WHAT YOU NEED TO DO — Copy every record below, exactly as written.

+---+

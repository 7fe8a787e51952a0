//! What may come to a node, by phase, kind of payload and role of the port: 96 cells.
ghost use Rattle.std.specs.Prelude.{◌≡◌};
ghost use Rattle.colour_rules.specs.Table.{cell};

use crate::payload::Payload;
use crate::phase::{Phase, Reduction};
use crate::rules::{AFTER_HALT, WRONG_KIND, WRONG_ROLE};
use forests::Role;

// One cell of a table: no rule is broken if the payload is due.
macro_rules! cell {
    (due) => {
        None
    };
    (P1) => {
        Some(WRONG_KIND)
    };
    (P2) => {
        Some(WRONG_ROLE)
    };
    (P6) => {
        Some(AFTER_HALT)
    };
}

// A table of cells as an expression: a row for each phase and kind of payload, in it a cell for each
// role of the port.
macro_rules! table {
    (($phase:expr, $payload:expr, $role:expr) { $($at:pat, $kind:ident: $unknown:ident $up:ident $down:ident;)* }) => {
        match ($phase, $payload, $role) {
            $(
                ($at, Payload::$kind(_), Role::Unknown) => cell!($unknown),
                ($at, Payload::$kind(_), Role::Up(_)) => cell!($up),
                ($at, Payload::$kind(_), Role::Down(_)) => cell!($down),
            )*
        }
    };
}

// The rule that a payload breaks by its kind, from a port of this role in this phase; none if it is
// due.
pub(crate) fn cell(phase: Phase, payload: &Payload, role: Role) -> Option<u16>
    ensures { result ≡ cell phase role payload.now }
{
    // Each row: from a port that is Unknown, Up, Down.
    table! { (phase, payload, role) {
        Phase::Greet, Hello: P1 P1 P1;
        Phase::Greet, Label: P1 P1 P1;
        Phase::Greet, Colour: P1 P1 P1;
        Phase::Greet, Chosen: P1 P1 P1;
        Phase::Orient, Hello: due P2 P2;
        Phase::Orient, Label: P1 P1 P1;
        Phase::Orient, Colour: P1 P1 P1;
        Phase::Orient, Chosen: P1 P1 P1;
        Phase::Seed, Hello: P1 P1 P1;
        Phase::Seed, Label: due P2 P2;
        Phase::Seed, Colour: P1 P1 P1;
        Phase::Seed, Chosen: P1 P1 P1;
        Phase::Work(Reduction::Step(_)), Hello: P1 P1 P1;
        Phase::Work(Reduction::Step(_)), Label: P1 P1 P1;
        Phase::Work(Reduction::Step(_)), Colour: P2 due P2;
        Phase::Work(Reduction::Step(_)), Chosen: P1 P1 P1;
        Phase::Work(Reduction::Shift(_)), Hello: P1 P1 P1;
        Phase::Work(Reduction::Shift(_)), Label: P1 P1 P1;
        Phase::Work(Reduction::Shift(_)), Colour: P2 due P2;
        Phase::Work(Reduction::Shift(_)), Chosen: P1 P1 P1;
        Phase::Work(Reduction::Drop(_)), Hello: P1 P1 P1;
        Phase::Work(Reduction::Drop(_)), Label: P1 P1 P1;
        Phase::Work(Reduction::Drop(_)), Colour: P2 due P2;
        Phase::Work(Reduction::Drop(_)), Chosen: P1 P1 P1;
        Phase::Merge(_, _), Hello: P1 P1 P1;
        Phase::Merge(_, _), Label: P1 P1 P1;
        Phase::Merge(_, _), Colour: P1 P1 P1;
        Phase::Merge(_, _), Chosen: P2 due due;
        Phase::Halted, Hello: P6 P6 P6;
        Phase::Halted, Label: P6 P6 P6;
        Phase::Halted, Colour: P6 P6 P6;
        Phase::Halted, Chosen: P6 P6 P6;
    } }
}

+---+

ANSWER TO THE EXERCISE —
repository 7fe8a787e51952a0
//! What may come to a node, by phase, kind of payload and role of the port: 96 cells.
ghost use Rattle.std.specs.Prelude.{◌≡◌};
ghost use Rattle.colour_rules.specs.Table.{cell};

use crate::payload::Payload;
use crate::phase::{Phase, Reduction};
use crate::rules::{AFTER_HALT, WRONG_KIND, WRONG_ROLE};
use forests::Role;

// One cell of a table: no rule is broken if the payload is due.
macro_rules! cell {
    (due) => {
        None
    };
    (P1) => {
        Some(WRONG_KIND)
    };
    (P2) => {
        Some(WRONG_ROLE)
    };
    (P6) => {
        Some(AFTER_HALT)
    };
}

// A table of cells as an expression: a row for each phase and kind of payload, in it a cell for each
// role of the port.
macro_rules! table {
    (($phase:expr, $payload:expr, $role:expr) { $($at:pat, $kind:ident: $unknown:ident $up:ident $down:ident;)* }) => {
        match ($phase, $payload, $role) {
            $(
                ($at, Payload::$kind(_), Role::Unknown) => cell!($unknown),
                ($at, Payload::$kind(_), Role::Up(_)) => cell!($up),
                ($at, Payload::$kind(_), Role::Down(_)) => cell!($down),
            )*
        }
    };
}

// The rule that a payload breaks by its kind, from a port of this role in this phase; none if it is
// due.
pub(crate) fn cell(phase: Phase, payload: &Payload, role: Role) -> Option<u16>
    ensures { result ≡ cell phase role payload.now }
{
    // Each row: from a port that is Unknown, Up, Down.
    table! { (phase, payload, role) {
        Phase::Greet, Hello: P1 P1 P1;
        Phase::Greet, Label: P1 P1 P1;
        Phase::Greet, Colour: P1 P1 P1;
        Phase::Greet, Chosen: P1 P1 P1;
        Phase::Orient, Hello: due P2 P2;
        Phase::Orient, Label: P1 P1 P1;
        Phase::Orient, Colour: P1 P1 P1;
        Phase::Orient, Chosen: P1 P1 P1;
        Phase::Seed, Hello: P1 P1 P1;
        Phase::Seed, Label: due P2 P2;
        Phase::Seed, Colour: P1 P1 P1;
        Phase::Seed, Chosen: P1 P1 P1;
        Phase::Work(Reduction::Step(_)), Hello: P1 P1 P1;
        Phase::Work(Reduction::Step(_)), Label: P1 P1 P1;
        Phase::Work(Reduction::Step(_)), Colour: P2 due P2;
        Phase::Work(Reduction::Step(_)), Chosen: P1 P1 P1;
        Phase::Work(Reduction::Shift(_)), Hello: P1 P1 P1;
        Phase::Work(Reduction::Shift(_)), Label: P1 P1 P1;
        Phase::Work(Reduction::Shift(_)), Colour: P2 due P2;
        Phase::Work(Reduction::Shift(_)), Chosen: P1 P1 P1;
        Phase::Work(Reduction::Drop(_)), Hello: P1 P1 P1;
        Phase::Work(Reduction::Drop(_)), Label: P1 P1 P1;
        Phase::Work(Reduction::Drop(_)), Colour: P2 due P2;
        Phase::Work(Reduction::Drop(_)), Chosen: P1 P1 P1;
        Phase::Merge(_, _), Hello: P1 P1 P1;
        Phase::Merge(_, _), Label: P1 P1 P1;
        Phase::Merge(_, _), Colour: P1 P1 P1;
        Phase::Merge(_, _), Chosen: P2 due due;
        Phase::Halted, Hello: P6 P6 P6;
        Phase::Halted, Label: P6 P6 P6;
        Phase::Halted, Colour: P6 P6 P6;
        Phase::Halted, Chosen: P6 P6 P6;
    } }
}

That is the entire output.